Temuan tersebut menjadi bagian dari penyempurnaan Perda yang sedang diproses. Pansus berkomitmen untuk memastikan bahwa setiap ketentuan dalam Perda benar-benar sesuai dengan tujuan awalnya, serta tidak menimbulkan kerancuan dalam implementasinya.
Dampak Ekonomi yang Diharapkan
Dari sisi ekonomi, kebijakan ini diharapkan bisa memberikan dampak positif yang signifikan. Dengan mengurangi beban pajak, pelaku usaha kecil akan memiliki lebih banyak ruang untuk berinovasi dan meningkatkan kualitas produk serta layanan.

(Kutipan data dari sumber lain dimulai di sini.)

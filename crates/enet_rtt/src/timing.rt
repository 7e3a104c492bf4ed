//! The estimate of a peer's round trip.

ghost use Rattle.std.specs.Prelude.{◌≡◌};
ghost use Rattle.enet_rtt.specs.Timing.{fresh, after_sample, timeout, StaysWithin};

use std::marker::Model;

/// The longest that a command waits for its acknowledgement after its first send, in milliseconds.
const LONGEST_TIMEOUT: u32 = 5_000;

/// The estimate of a peer's round trip: its time and its variance, in milliseconds. It begins at 500 and 0.
#[derive(Clone, Copy)]
pub struct Timing {
    round_trip: u32,
    variance: u32,
    sampled: bool,
}

impl Model for Timing {
    ghost use Rattle.enet_rtt.specs.Timing.{Estimate};

    ghost Value = { Estimate };

    ghost view = { λ t. record { round_trip = t.round_trip; variance = t.variance; sampled = t.sampled } };

    ghost inverse = { λ e. record { round_trip = e.round_trip; variance = e.variance; sampled = e.sampled } };
}

impl Timing {
    /// The estimate before any sample: round trip 500, variance 0 (ENet 1.3).
    pub fn new() -> Self
        ensures { result ≡ fresh }
    {
        Timing {
            round_trip: 500,
            variance: 0,
            sampled: false,
        }
    }

    /// Takes in a round trip that was measured. The first one is the round trip, and half of it, rounded up, the
    /// variance. Later the variance gives up a quarter of itself and takes a quarter of how far the sample is off,
    /// and the round trip goes an eighth of the way towards the sample (our profile).
    pub fn sample(&mut self, measured: u32)
        ensures { self.new ≡ after_sample self.old measured }
    {
        if self.sampled {
            let deviation = measured.abs_diff(self.round_trip);
            self.variance = self.variance - self.variance / 4 + deviation / 4;
            if self.round_trip <= measured {
                self.round_trip += deviation / 8;
            } else {
                self.round_trip -= deviation / 8;
            }
        } else {
            self.round_trip = measured;
            self.variance = measured.div_ceil(2);
            self.sampled = true;
        }
    }

    /// The round trip as estimated, in milliseconds.
    pub fn round_trip(&self) -> u32
        ensures { result ≡ self.now.round_trip }
    {
        self.round_trip
    }

    /// Whether a round trip was measured.
    pub fn is_sampled(&self) -> bool
        ensures { result ≡ self.now.sampled }
    {
        self.sampled
    }

    /// The variance of the round trip, in milliseconds.
    pub fn variance(&self) -> u32
        ensures { result ≡ self.now.variance }
    {
        self.variance
    }

    /// After how many milliseconds a command that is sent now is due for resending: the round trip and four times
    /// the variance, but no more than 5,000 (our profile).
    pub fn timeout_of(&self) -> u32
        ensures { result ≡ timeout self.now }
    {
        self.variance
            .saturating_mul(4)
            .saturating_add(self.round_trip)
            .min(LONGEST_TIMEOUT)
    }
}

/// A law of the definitions: round trip and variance stay within what bounds them and the samples.
pub fn estimate_stays_within()
    ensures { StaysWithin }
{}
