//! The service and its turns.
ghost use Rattle.std.specs.Prelude.{◌≡◌, ◌+◌, is_err};
ghost use Rattle.enet_wire.specs.Wires.{also, unless_spent};
ghost use Rattle.enet_turn.specs.Phases.{Chain, nothing_waits};
ghost use Rattle.enet_turn.specs.Turn.{Round, Turn, Reports};
ghost use Rattle.enet_turn.specs.Counts.{count_of};

use crate::emitting::emit_all;
use crate::host::Core;
use crate::orders::take_orders;
use crate::receiving::receive_all;
use crate::report::{Fault, Report};
use crate::telling::{offer_again, tell_all};
use crate::waiting::Waiting;
use enet_bridge::{Sink, Source};
use enet_codec::Refusal;
use enet_wire::Wire;
use std::sync::Wait;

/// Where events come as seldom as this, in milliseconds, whoever takes them has little else to do, and their orders are worth a wait.
const SELDOM: u32 = 2;

/// A host, and what waits for room in the sink.
#[derive(Drop)]
pub struct Service<H> {
    pub host: H,
    pub waiting: Waiting,
}

impl<H: Core> Service<H> {
    /// A service of this host, with nothing waiting.
    pub fn new(host: H) -> Service<H>
        ensures { (result.host ≡ host) × (result.waiting ≡ nothing_waits) }
    {
        Service {
            host,
            waiting: Waiting::nothing(),
        }
    }

    /// One turn: the tick; one offer of what waits, the refusal first; while no refusal waits, at most 256 orders; at most 256 datagrams
    /// in; at most 256 datagrams out, and none after 16 that were lost or one whose send would block; and while no event of it waits,
    /// the host's events. Where it told some after 2 ms or more, it tells the source that orders are likely to come soon.
    ///
    /// E14 where the wire fails: the turn ends there, and the report says what was done before.
    pub fn turn<W: Wire, S: Source, K: Sink, R: Wait>(
        &mut self,
        rt: &R,
        wire: &mut W,
        source: &mut S,
        sink: &mut K,
        ms: u32,
    ) -> Result<Report, Fault>
        ensures turn { (round : Round) × (round.ms ≡ ms) × (round.failed ≡ is_err result)
            × Chain S.gives source.old round.gave source.new
            × (W.told wire.new ≡ also (W.told wire.old) (unless_spent (W.faults wire.old) round.told))
            × Chain (λ s x t. K.puts s x.0 x.1 t) sink.old round.puts sink.new
            × Turn H.calls self.old round self.new × Reports result round.report }
        ensures faults { W.faults wire.new ≡ W.faults wire.old + count_of (is_err result) }
        ensures kept { W.kept wire.new ≡ W.kept wire.old }
    {
        self.turn_through(rt, wire, source, sink, ms, &mut [0u8; 4096])
    }

    /// A turn, as [`Service::turn`] takes it, whose datagrams pass through this buffer: so turns need not clear one each.
    pub(crate) fn turn_through<W: Wire, S: Source, K: Sink, R: Wait>(
        &mut self,
        rt: &R,
        wire: &mut W,
        source: &mut S,
        sink: &mut K,
        ms: u32,
        buf: &mut [u8; 4096],
    ) -> Result<Report, Fault>
        ensures turn { (round : Round) × (round.ms ≡ ms) × (round.failed ≡ is_err result)
            × Chain S.gives source.old round.gave source.new
            × (W.told wire.new ≡ also (W.told wire.old) (unless_spent (W.faults wire.old) round.told))
            × Chain (λ s x t. K.puts s x.0 x.1 t) sink.old round.puts sink.new
            × Turn H.calls self.old round self.new × Reports result round.report }
        ensures faults { W.faults wire.new ≡ W.faults wire.old + count_of (is_err result) }
        ensures kept { W.kept wire.new ≡ W.kept wire.old }
    {
        self.host.tick(ms);
        let again = offer_again(rt, sink, &mut self.waiting);
        let (orders, told) = take_orders(rt, &mut self.host, &mut self.waiting, source, sink);
        let before = again.saturating_add(told);
        let heard = receive_all(&mut self.host, wire, buf);
        if heard.failed {
            sink.announce();
            return Err(fault(report_of(orders, heard.received, 0, 0, before)));
        }
        let sent = emit_all(&mut self.host, wire, buf);
        if sent.failed {
            let report = report_of(orders, heard.received, sent.sent, sent.lost, before);
            sink.announce();
            return Err(fault(report));
        }
        let after = tell_all(rt, &mut self.host, &mut self.waiting, sink);
        sink.announce();
        if ms >= SELDOM && after > 0 {
            source.expect();
        }
        let events = before.saturating_add(after);
        Ok(report_of(orders, heard.received, sent.sent, sent.lost, events))
    }
}

pub(crate) fn report_of(orders: u32, received: u32, sent: u32, lost: u32, events: u32) -> Report
    ensures { result ≡ record { orders = orders; received = received; sent = sent; lost = lost; events = events } }
{
    Report {
        orders,
        received,
        sent,
        lost,
        events,
    }
}

pub(crate) fn fault(report: Report) -> Fault
    ensures { result ≡ record { why = Refusal.WireFault; report = report } }
{
    Fault {
        why: Refusal::WireFault,
        report,
    }
}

Hal ini juga bisa mendorong pertumbuhan ekonomi lokal yang lebih inklusif dan berkelanjutan.
Beberapa ahli ekonomi menyatakan bahwa kebijakan seperti ini sangat penting dalam mendukung UMKM, yang sering kali menjadi tulang punggung perekonomian daerah. Dengan dukungan dari pemerintah daerah, pelaku usaha kecil dapat tumbuh dan berkembang tanpa harus terbebani oleh pajak yang terlalu berat.

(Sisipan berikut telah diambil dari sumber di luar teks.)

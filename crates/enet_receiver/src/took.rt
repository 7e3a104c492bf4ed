//! What a receiver answers.

/// What became of a command: the first that applies of `Bad`, `Outside`, `Again`, `Waiting`, `Memory` and `Held`. All but `Held`
/// leave the receiver as it was.
#[derive(Clone, Copy, PartialEq, Eq)]
pub enum Took {
    /// It was taken in, and what it completed was dispatched.
    Held,
    /// It came before, its place is taken, its number is the front's, or it has fallen behind.
    Again,
    /// Its number is outside the window; of a reliable fragment, its own or that of its packet's first piece.
    Outside,
    /// It can't be a piece of its packet, its packet is above the maximum packet size, or it is not a command of the call
    /// that was made.
    Bad,
    /// It begins a packet while its caller tells that too much waits.
    Waiting,
    /// Memory was refused.
    Memory,
}

/// What a command would do, with ample memory.
#[derive(Clone, Copy, PartialEq, Eq)]
pub struct Foresight {
    /// Its outcome.
    pub took: Took,
    /// Whether its outcome and the window let it be acknowledged; its own flag is not asked.
    pub acknowledged: bool,
    /// How many packets it would dispatch.
    pub dispatches: u32,
}
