//! Events that are offered to the sink.
ghost use Rattle.std.specs.Prelude.{◌≡◌, ◌≤◌, List, Bool};
ghost use Rattle.enet_codec.specs.declared.event.Event.{Event as Told};
ghost use Rattle.enet_turn.specs.Phases.{Chain, Offers, OffersWaiting, left_over, TellsAll};
ghost use Rattle.enet_turn.specs.Counts.{count_of, taken_in, stopped};

use crate::host::Core;
use crate::waiting::Waiting;
use enet_bridge::Sink;
use enet_codec::Event;
use std::sync::Wait;

/// Offers an event to the sink. One that is handed back waits in its place. Answers how many were taken: 1 or 0.
pub(crate) fn offer<K: Sink, R: Wait>(
    rt: &R,
    sink: &mut K,
    place: &mut Option<Event>,
    event: Event,
) -> u32
    ensures { (taken : Bool) × K.puts sink.old event taken sink.new × (place.new ≡ left_over event taken) × (result ≡ count_of taken) }
{
    match sink.put(rt, event) {
        Ok(()) => {
            *place = None;
            1
        }
        Err(back) => {
            *place = Some(back);
            0
        }
    }
}

// Offers what waits in a place, if something does. Answers how many were taken: 1 or 0.
fn offer_in<K: Sink, R: Wait>(rt: &R, sink: &mut K, place: &mut Option<Event>) -> u32
    ensures offers { (puts : List (Told × Bool)) × Chain (λ s x t. K.puts s x.0 x.1 t) sink.old puts sink.new × Offers place.old puts place.new × (result ≡ taken_in puts) }
    ensures one { result ≤ 1 }
{
    match place.take() {
        Some(event) => offer(rt, sink, place, event),
        None => 0,
    }
}

/// Offers what waits: first the refusal, so that orders go on, and then the host's event, whether or not the refusal was taken. Answers how
/// many were taken: 2 at most.
pub(crate) fn offer_again<K: Sink, R: Wait>(rt: &R, sink: &mut K, waiting: &mut Waiting) -> u32
    ensures { (puts : List (Told × Bool)) × Chain (λ s x t. K.puts s x.0 x.1 t) sink.old puts sink.new × OffersWaiting waiting.old puts waiting.new × (result ≡ taken_in puts) }
{
    let refusals = offer_in(rt, sink, &mut waiting.refusal);
    let events = offer_in(rt, sink, &mut waiting.event);
    refusals + events
}

/// Offers the host's events one after another, until it has none or one waits. Answers how many were taken; the
/// count stops at 4,294,967,295.
pub(crate) fn tell_all<H: Core, K: Sink, R: Wait>(
    rt: &R,
    host: &mut H,
    waiting: &mut Waiting,
    sink: &mut K,
) -> u32
    ensures { (puts : List (Told × Bool)) × Chain (λ s x t. K.puts s x.0 x.1 t) sink.old puts sink.new
        × TellsAll H.calls (record { host = host.old; waiting = waiting.old }) puts (record { host = host.new; waiting = waiting.new })
        × (result ≡ stopped (taken_in puts)) }
{
    let mut events = 0u32;
    while waiting.event.is_none() {
        match host.next_event() {
            Some(event) => {
                let taken = offer(rt, sink, &mut waiting.event, event);
                events = events.saturating_add(taken);
            }
            None => return events,
        }
    }
    events
}
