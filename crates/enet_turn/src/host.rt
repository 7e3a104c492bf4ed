//! What a turn does with a host.
ghost use Rattle.std.specs.Prelude.{ℕ, ◌<◌, ◌≤◌, IfSome, take};
ghost use Rattle.std.specs.Option.{option_map};

use enet_codec::{Addr, Event, Refusal};
use enet_submit::Order;

/// The calls of a host that a turn makes. Each says by a relation what it may do.
pub trait Core {
    ghost use Rattle.enet_turn.specs.Calls.{Calls, why_of};

    /// What each call may do.
    ghost calls: { Calls Self };

    /// How many events it has that it hasn't told.
    ghost untold: { Self → ℕ };

    /// The clock goes on by so many milliseconds.
    fn tick(&mut self, ms: u32)
        ensures { calls.ticks self.old ms self.new };

    /// Carries an order out, or refuses it.
    fn apply_order(&mut self, order: Order) -> Result<(), Refusal>
        ensures { calls.applies self.old order (why_of result) self.new };

    /// A datagram comes from an address.
    fn receive(&mut self, from: Addr, bytes: &[u8])
        ensures { calls.receives self.old (from, bytes.now) self.new };

    /// Where the next datagram goes, and how many bytes of the buffer it is; None where the host has none.
    fn emit(&mut self, buf: &mut [u8; 4096]) -> Option<(Addr, usize)>
        ensures given { calls.emits self.old (option_map (λ d. (d.0, take d.1 buf.new)) result) self.new }
        ensures len { IfSome result (λ d. d.1 ≤ 4096) };

    /// The next event, which the host has told then; None where it has none.
    fn next_event(&mut self) -> Option<Event>
        ensures told { calls.gives_event self.old result self.new }
        ensures fewer { IfSome result (λ event. untold self.new < untold self.old) };
}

Langkah-Langkah yang Dilakukan
Untuk memastikan kebijakan ini dapat diimplementasikan secara efektif, pemerintah daerah dan DPRD Kota Palu akan terus melakukan evaluasi dan pemantauan. Selain itu, sosialisasi kepada pelaku usaha kecil juga akan dilakukan agar mereka memahami hak dan kewajiban mereka sesuai dengan Perda yang baru.

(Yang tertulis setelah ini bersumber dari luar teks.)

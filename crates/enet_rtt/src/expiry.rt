//! When a sent command is due for resending, and when its peer has timed out.

ghost use Rattle.std.specs.Prelude.{◌≡◌, ◌+◌, ◌-◌, ◌^◌, ◌<◌, ◌&&◌, ◌||◌, false, nat_le};
ghost use Rattle.enet_rtt.specs.Clock.{since_later};
ghost use Rattle.enet_rtt.specs.Expiry.{expiry, standard_patience, patience_with_defaults, or_default_number};

use crate::clock::elapsed;

/// How long a peer may leave a command unacknowledged before it has timed out (ENet 1.3's timeout limit, minimum and
/// maximum).
#[derive(Clone, Copy, PartialEq, Eq)]
pub struct Patience {
    /// The minimum ends the peer only once 2^(attempts - 1) is this number or more.
    pub limit: u32,
    /// Milliseconds since the command's first send or the last matching acknowledgement, whichever was later, after which two
    /// more sends that aren't acknowledged in time end the peer, the limit being reached.
    pub minimum: u32,
    /// Milliseconds since the command's first send after which a peer ends in any case.
    pub maximum: u32,
}

/// What is to be done with a sent command that is not acknowledged.
#[derive(Clone, Copy, PartialEq, Eq)]
pub enum Expiry {
    /// Nothing: its timeout has not passed.
    No,
    /// It is due for resending.
    Resend,
    /// Its peer has timed out.
    End,
}

impl Patience {
    /// The numbers of ENet 1.3: limit 32, minimum 5,000 ms, maximum 30,000 ms.
    pub fn standard() -> Self
        ensures { result ≡ standard_patience }
    {
        Patience {
            limit: 32,
            minimum: 5_000,
            maximum: 30_000,
        }
    }

    /// These numbers, where a 0 stands for the standard one.
    pub fn with_defaults(limit: u32, minimum: u32, maximum: u32) -> Self
        ensures { result ≡ patience_with_defaults limit minimum maximum }
    {
        let standard = Patience::standard();
        Patience {
            limit: or_default(limit, standard.limit),
            minimum: or_default(minimum, standard.minimum),
            maximum: or_default(maximum, standard.maximum),
        }
    }
}

/// What is to be done at the time `now` with a command that was first sent at `first` and last at `last`, whose timeout
/// in milliseconds is `timeout`, after so many attempts (0 counts as 1), the peer having been heard last at `heard`. Nothing
/// before its timeout has passed since it was last sent. Then the peer ends where the maximum has passed since it was first
/// sent, or where 2^(attempts - 1) is the limit or more and, a timeout before it was last sent, the minimum had passed since it was
/// first sent and since the peer was heard: so two tries that were made after the minimum have failed. Otherwise the command is due
/// for resending (our profile).
pub fn expired(
    patience: &Patience,
    now: u32,
    heard: u32,
    first: u32,
    last: u32,
    timeout: u32,
    attempts: u8,
) -> Expiry
    ensures { result ≡ expiry patience.now now heard (record { first = first; last = last; timeout = timeout; attempts = attempts; due = false }) }
{
    let waited = elapsed(now, last);
    if waited < timeout {
        return Expiry::No;
    }
    let tries = u64::from(waited) + u64::from(timeout);
    let silence = since_later(now, first, heard);
    if gives_up(patience, elapsed(now, first), silence, tries, attempts) {
        Expiry::End
    } else {
        Expiry::Resend
    }
}

// Whether a peer has timed out over a command that went first `age` milliseconds ago, after a silence of so many, of which the last
// two tries took `tries`.
fn gives_up(patience: &Patience, age: u32, silence: u32, tries: u64, attempts: u8) -> bool
    requires { tries < 2 ^ 33 }
    ensures { result ≡ (nat_le patience.now.maximum age || (nat_le patience.now.limit (2 ^ (attempts - 1)) && nat_le (tries + patience.now.minimum) silence)) }
{
    let is_silent = u64::from(silence) >= tries + u64::from(patience.minimum);
    age >= patience.maximum || is_at_limit(attempts, patience.limit) && is_silent
}

// The milliseconds since the later of two moments.
fn since_later(now: u32, a: u32, b: u32) -> u32
    ensures { result ≡ since_later now a b }
{
    elapsed(now, a).min(elapsed(now, b))
}

// Whether 2^(attempts - 1) is the limit or more.
fn is_at_limit(attempts: u8, limit: u32) -> bool
    ensures { result ≡ nat_le limit (2 ^ (attempts - 1)) }
{
    let doublings = attempts.saturating_sub(1);
    doublings >= 32 || 1u32 << doublings >= limit
}

// A number, or its default where it is 0.
fn or_default(number: u32, default: u32) -> u32
    ensures { result ≡ or_default_number number default }
{
    if number == 0 { default } else { number }
}
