//! What holds of every receiver. These functions have no body: their contracts are laws of the definitions that the other
//! functions compute.

ghost use Rattle.std.specs.Prelude.{ℕ, ◌<◌, ◌^◌, Bool, List};
ghost use Rattle.enet_seq.specs.Numbering.{Numbering, wire, unbounded};
ghost use Rattle.enet_fragment.specs.declared.data.DataCommand.{DataCommand};
ghost use Rattle.enet_packets.specs.declared.incoming_packet.Dispatched.{Dispatched};
ghost use Rattle.enet_receiver.specs.Receiver.{Receiver, nothing_received, cleared};
ghost use Rattle.enet_receiver.specs.DataOutcome.{received};
ghost use Rattle.enet_receiver.specs.Laws.{HavePieces, NothingIsDue, DoesTheSame};
ghost use Rattle.enet_receiver.specs.Places.{TakesAPlace};
ghost use Rattle.enet_receiver.specs.Room.{HasMade, TakesRoom};
ghost use Rattle.enet_receiver.specs.Sequenced.{AreSequenced, HasSequenced};

/// In as many turns as packets are held, all is dispatched that is due, since each dispatch takes at least one of them away:
/// no whole packet stands just past the front then. Each packet is to have a piece, since one without would leave the front
/// where it is; a receiver holds none of those.
pub fn turns_suffice()
    ensures on_the_wire { (r : Receiver) → HavePieces r → NothingIsDue wire r }
    ensures without_bound { (r : Receiver) → HavePieces r → NothingIsDue unbounded r }
{}

/// What was dispatched before, taken or not, makes no difference to what a command does.
pub fn earlier_dispatches_do_not_matter()
    ensures { (g : Numbering) (most : ℕ) (r : Receiver) (c : DataCommand) (full : Bool) (earlier : List Dispatched)
        → DoesTheSame (λ s. received g most s c full) r earlier }
{}

/// No packet that comes in sequence has the flags 2, which are those of an unsequenced packet: a receiver has none at first
/// (`nothing`), and none after a command (`received`) or a clearing (`cleared`) if it had none before.
pub fn sequenced_has_other_flags()
    ensures nothing { HasSequenced nothing_received }
    ensures received { (g : Numbering) (most : ℕ) (r : Receiver) (c : DataCommand) (full : Bool) → HasSequenced r
        → HasSequenced (received g most r c full) }
    ensures cleared { (r : Receiver) → AreSequenced r.dispatched → HasSequenced (cleared r) }
{}

/// A command takes a place and room for its packet at most, and none where so much waits that no packet begins: what it has
/// dispatched were packets that had theirs. What a receiver holds is made of its pieces, 16,384 at most, and is so after the command.
pub fn a_command_takes_a_place_at_most()
    ensures place { (most : ℕ) (r : Receiver) (c : DataCommand) (full : Bool) → HavePieces r
        → TakesAPlace full r c (received wire most r c full) }
    ensures pieces { (most : ℕ) (r : Receiver) (c : DataCommand) (full : Bool) → HavePieces r
        → HavePieces (received wire most r c full) }
    ensures room { (most : ℕ) (r : Receiver) (c : DataCommand) (full : Bool) → most < 2 ^ 32 → HasMade most r
        → TakesRoom most full r c (received wire most r c full) }
    ensures made { (most : ℕ) (r : Receiver) (c : DataCommand) (full : Bool) → most < 2 ^ 32 → HasMade most r
        → HasMade most (received wire most r c full) }
{}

Selain itu, pemerintah daerah juga akan memperkuat kerja sama dengan berbagai pihak terkait, seperti organisasi pengusaha dan lembaga pemberdayaan masyarakat, untuk memastikan bahwa kebijakan ini benar-benar dirasakan manfaatnya oleh masyarakat.
Kesimpulan
Perubahan Perda Kota Palu Nomor 9 Tahun 2023 tentang Pajak Daerah dan Retribusi Daerah menunjukkan komitmen pemerintah daerah dalam mendukung pelaku usaha kecil, khususnya sektor makanan dan minuman. Dengan pengecualian pajak bagi usaha dengan peredaran tidak lebih dari Rp10 juta per bulan, kebijakan ini diharapkan mampu mendorong pertumbuhan ekonomi dari bawah dan memberikan ruang bagi masyarakat kelas menengah ke bawah untuk berkembang secara mandiri.